**INSTRUCTIONS TO FOLLOW:** In the entries below, the lines from the one with "fn hand_linked_programs_are_a_linkage()" through the one with "x. x.frame) (plain_end" are to be copied exactly; both ends count.

##### STUDY MATERIAL

// Worked rows: programs that are linked by hand are a linkage, and what the definitions give for
// them.
ghost use Rattle.std.specs.Prelude.{◌≡◌, ℕ, List, [], ◌∷◌, length, map, filter, Bool, true, false, Some, None};
ghost use Rattle.bit_values.specs.Bits.{word};
ghost use Rattle.network_run.specs.Network.{IsWiring};
ghost use Rattle.network_run.specs.World.{IsValid};
ghost use Rattle.network_run.specs.Events.{Enter, Leave, Set, Hop, Update, halves_of};
ghost use Rattle.network_tests.specs.Networks.{alone, line2, line3};
ghost use Rattle.linkage.specs.Linkage.{Linkage, is_report};
ghost use Rattle.network_tests.specs.Linking.{Given, forwarding, limited, two_bytes, Keeps, Parked, linked, registers, register_of, AnyEntries, IsLimit, AnyContents, with_limit, framed, plain_end, linked_end, path_end, KeptBy, HeldBy, AnyTele};
ghost use Rattle.network_tests.specs.LinkingLaws.{laws};

use linkage::{LinkedHalves, LinkedNetwork, over_every_schedule};

/// The programs that are linked by hand: on any network whose links join ports of its switches, and for
/// any initial value of the property's sensor.
struct Hand;

impl LinkedNetwork for Hand {
    ghost Given = { Given };

    ghost IsGiven = { λ g. IsWiring g.network };

    ghost Entries = { Unit {0} };

    ghost Contents = { ℕ };

    ghost Switch = { ℕ };

    ghost Queued = { List ℕ };

    ghost LinkedSwitch = { Keeps };

    ghost LinkedQueued = { Parked };

    ghost Tele = { ℕ };

    ghost Sensors = { ℕ };

    ghost Register = { ℕ };

    ghost forwarding = { λ g. forwarding };

    ghost linked = { λ g. linked g.network g.initial };

    ghost wiring = { λ g. g.network };

    ghost property = { λ g. limited g.initial };

    ghost telemetry = { λ g. two_bytes };

    ghost registers = { λ g. registers g.initial };

    ghost IsFitEntries = { λ g. AnyEntries };

    ghost IsVariable = { λ g. IsLimit };

    ghost IsFitContents = { λ g. AnyContents };

    ghost Kept = { λ g. KeptBy };

    ghost Held = { λ g. HeldBy };

    ghost IsFitTele = { λ g. AnyTele };
}

impl LinkedHalves for Hand {
    ghost is_wiring = { λ g given. given };

    ghost laws = { λ g given. laws g.network g.initial };
}

/// The programs are a linkage on every network whose links join ports of its switches, for every
/// initial value of the sensor, and there is such a network, with a valid world.
fn hand_linked_programs_are_a_linkage()
    ensures linkage { (g : Given) → IsWiring g.network →
        Linkage
        forwarding (linked g.network g.initial) g.network (limited g.initial) two_bytes
        (registers g.initial) AnyEntries IsLimit AnyContents }
    ensures network { IsWiring line3 }
    ensures world { IsValid line3 AnyEntries IsLimit AnyContents
        (with_limit 13 ((1 ∷ 2 ∷ []) ∷ []) (Enter 0 ∷ Set 2 0 9 ∷ [])) }
{
    over_every_schedule::<Hand>();
}

/// A packet that the property rejects at its last hop is dropped there. Its telemetry stood on both
/// links, and its report is told, at the switch and with the sensor's value.
fn rejected_packet()
    ensures plain { map (λ x. x.frame) (plain_end line3 (framed 13 (1 ∷ 2 ∷ []))).edges ≡ (1 ∷ 2 ∷ []) ∷ [] }
    ensures edges { (linked_end line3 (framed 13 (1 ∷ 2 ∷ []))).edges ≡ [] }
    ensures wires { map (λ x. x.sent.frame) (linked_end line3 (framed 13 (1 ∷ 2 ∷ []))).wires
        ≡ (72 ∷ 11 ∷ 1 ∷ 2 ∷ []) ∷ (72 ∷ 12 ∷ 1 ∷ 2 ∷ []) ∷ [] }
    ensures reports { filter (λ t. is_report t.digest) (linked_end line3 (framed 13 (1 ∷ 2 ∷ []))).told
        ≡ record {
          packet = 0;
          switch = 2;
          digest = record { receiver = 1213809746; values = word 16 0 ∷ word 8 13 ∷ word 8 4 ∷ [] };
        } ∷ [] }
    ensures dropped { (linked_end line3 (framed 13 (1 ∷ 2 ∷ []))).dropped ≡ 0 ∷ [] }
    ensures sensor { register_of 3 ((linked_end line3 (framed 13 (1 ∷ 2 ∷ []))).switches 2) 1 ≡ 7 ∷ [] }
    ensures rejects { register_of 3 ((linked_end line3 (framed 13 (1 ∷ 2 ∷ []))).switches 2) 2 ≡ 1 ∷ [] }
{}

/// A packet that it does not reject leaves as it came, with its report.
fn accepted_packet()
    ensures edges { map (λ x. x.frame) (linked_end line3 (framed 0 (1 ∷ 2 ∷ []))).edges ≡ (1 ∷ 2 ∷ []) ∷ [] }
    ensures reports { map (λ r. r.report.values) (path_end line3 (framed 0 (1 ∷ 2 ∷ []))).reports
        ≡ (word 8 13 ∷ word 8 4 ∷ []) ∷ [] }
    ensures one { map (λ x. x.frame) (linked_end alone (framed 0 (1 ∷ 2 ∷ []))).edges ≡ (1 ∷ 2 ∷ []) ∷ [] }
{}

/// A frame that looks like telemetry is a frame like any other.
fn frame_that_looks_like_telemetry()
    ensures { map (λ x. x.frame) (linked_end line2 (framed 0 (72 ∷ 5 ∷ 2 ∷ []))).edges
        ≡ (72 ∷ 5 ∷ 2 ∷ []) ∷ [] }
{}

/// A packet that forwarding drops in its last egress has no verdict and no report.
fn dropped_packet()
    ensures told { map (λ t. t.digest.receiver) (linked_end alone (framed 11 (0 ∷ 2 ∷ []))).told ≡ 7 ∷ [] }
    ensures dropped { (linked_end alone (framed 11 (0 ∷ 2 ∷ []))).dropped ≡ 0 ∷ [] }
    ensures rejects { register_of 3 ((linked_end alone (framed 11 (0 ∷ 2 ∷ []))).switches 0) 2 ≡ 0 ∷ [] }
    ensures verdict { (path_end alone (framed 11 (0 ∷ 2 ∷ []))).verdicts 0 ≡ None }
{}

/// On a link of the linked network a frame of 65,535 bytes is carried behind the two bytes of
/// telemetry, 65,537 bytes in all, and leaves as it came; a longer one is lost at the link.
fn longest_frame_on_a_link()
    ensures wires { (rest : List ℕ) →
        length rest ≡ 65534 →
        map (λ x. x.sent.frame) (linked_end line2 (framed 0 (1 ∷ rest))).wires
        ≡ (72 ∷ 11 ∷ 1 ∷ rest) ∷ [] }
    ensures edges { (rest : List ℕ) →
        length rest ≡ 65534 →
        map (λ x. x.frame) (linked_end line2 (framed 0 (1 ∷ rest))).edges ≡ (1 ∷ rest) ∷ [] }
    ensures lost { (rest : List ℕ) →
        length rest ≡ 65535 → (linked_end line2 (framed 0 (1 ∷ rest))).lost ≡ 0 ∷ [] }
{}

/// A packet whose frame is too long for the edge port of its last hop is lost in the forwarding
/// network. Where the property rejects it, it is dropped in the linked network and not lost, with its
/// report.
fn rejected_packet_with_a_frame_too_long()
    ensures plain { (rest : List ℕ) →
        length rest ≡ 65535 → (plain_end alone (framed 11 (1 ∷ rest))).lost ≡ 0 ∷ [] }
    ensures lost { (rest : List ℕ) →
        length rest ≡ 65535 → (linked_end alone (framed 11 (1 ∷ rest))).lost ≡ [] }
    ensures dropped { (rest : List ℕ) →
        length rest ≡ 65535 → (linked_end alone (framed 11 (1 ∷ rest))).dropped ≡ 0 ∷ [] }
    ensures report { (rest : List ℕ) →
        length rest ≡ 65535 →
        map (λ t. t.digest.values)
        (filter (λ t. is_report t.digest) (linked_end alone (framed 11 (1 ∷ rest))).told)
        ≡ (word 16 0 ∷ word 8 11 ∷ word 8 4 ∷ []) ∷ [] }
{}

/// A limit that is set between a packet's halves at its last hop decides on it.
fn limit_set_between_the_halves()
    ensures rejected { (linked_end alone
        (with_limit 0 ((1 ∷ []) ∷ []) (Enter 0 ∷ Set 0 0 11 ∷ Leave 0 ∷ []))).edges ≡ [] }
    ensures verdict { (path_end alone
        (with_limit 0 ((1 ∷ []) ∷ []) (Enter 0 ∷ Set 0 0 11 ∷ Leave 0 ∷ []))).verdicts 0
        ≡ Some true }
{}

#[test]
fn worked_rows() {
    hand_linked_programs_are_a_linkage();
    rejected_packet();
    accepted_packet();
    frame_that_looks_like_telemetry();
    dropped_packet();
    longest_frame_on_a_link();
    rejected_packet_with_a_frame_too_long();
    limit_set_between_the_halves();
}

##########

**WORKED SOLUTION:**
fn hand_linked_programs_are_a_linkage()
    ensures linkage { (g : Given) → IsWiring g.network →
        Linkage
        forwarding (linked g.network g.initial) g.network (limited g.initial) two_bytes
        (registers g.initial) AnyEntries IsLimit AnyContents }
    ensures network { IsWiring line3 }
    ensures world { IsValid line3 AnyEntries IsLimit AnyContents
        (with_limit 13 ((1 ∷ 2 ∷ []) ∷ []) (Enter 0 ∷ Set 2 0 9 ∷ [])) }
{
    over_every_schedule::<Hand>();
}

/// A packet that the property rejects at its last hop is dropped there. Its telemetry stood on both
/// links, and its report is told, at the switch and with the sensor's value.
fn rejected_packet()
    ensures plain { map (λ x. x.frame) (plain_end line3 (framed 13 (1 ∷ 2 ∷ []))).edges ≡ (1 ∷ 2 ∷ []) ∷ [] }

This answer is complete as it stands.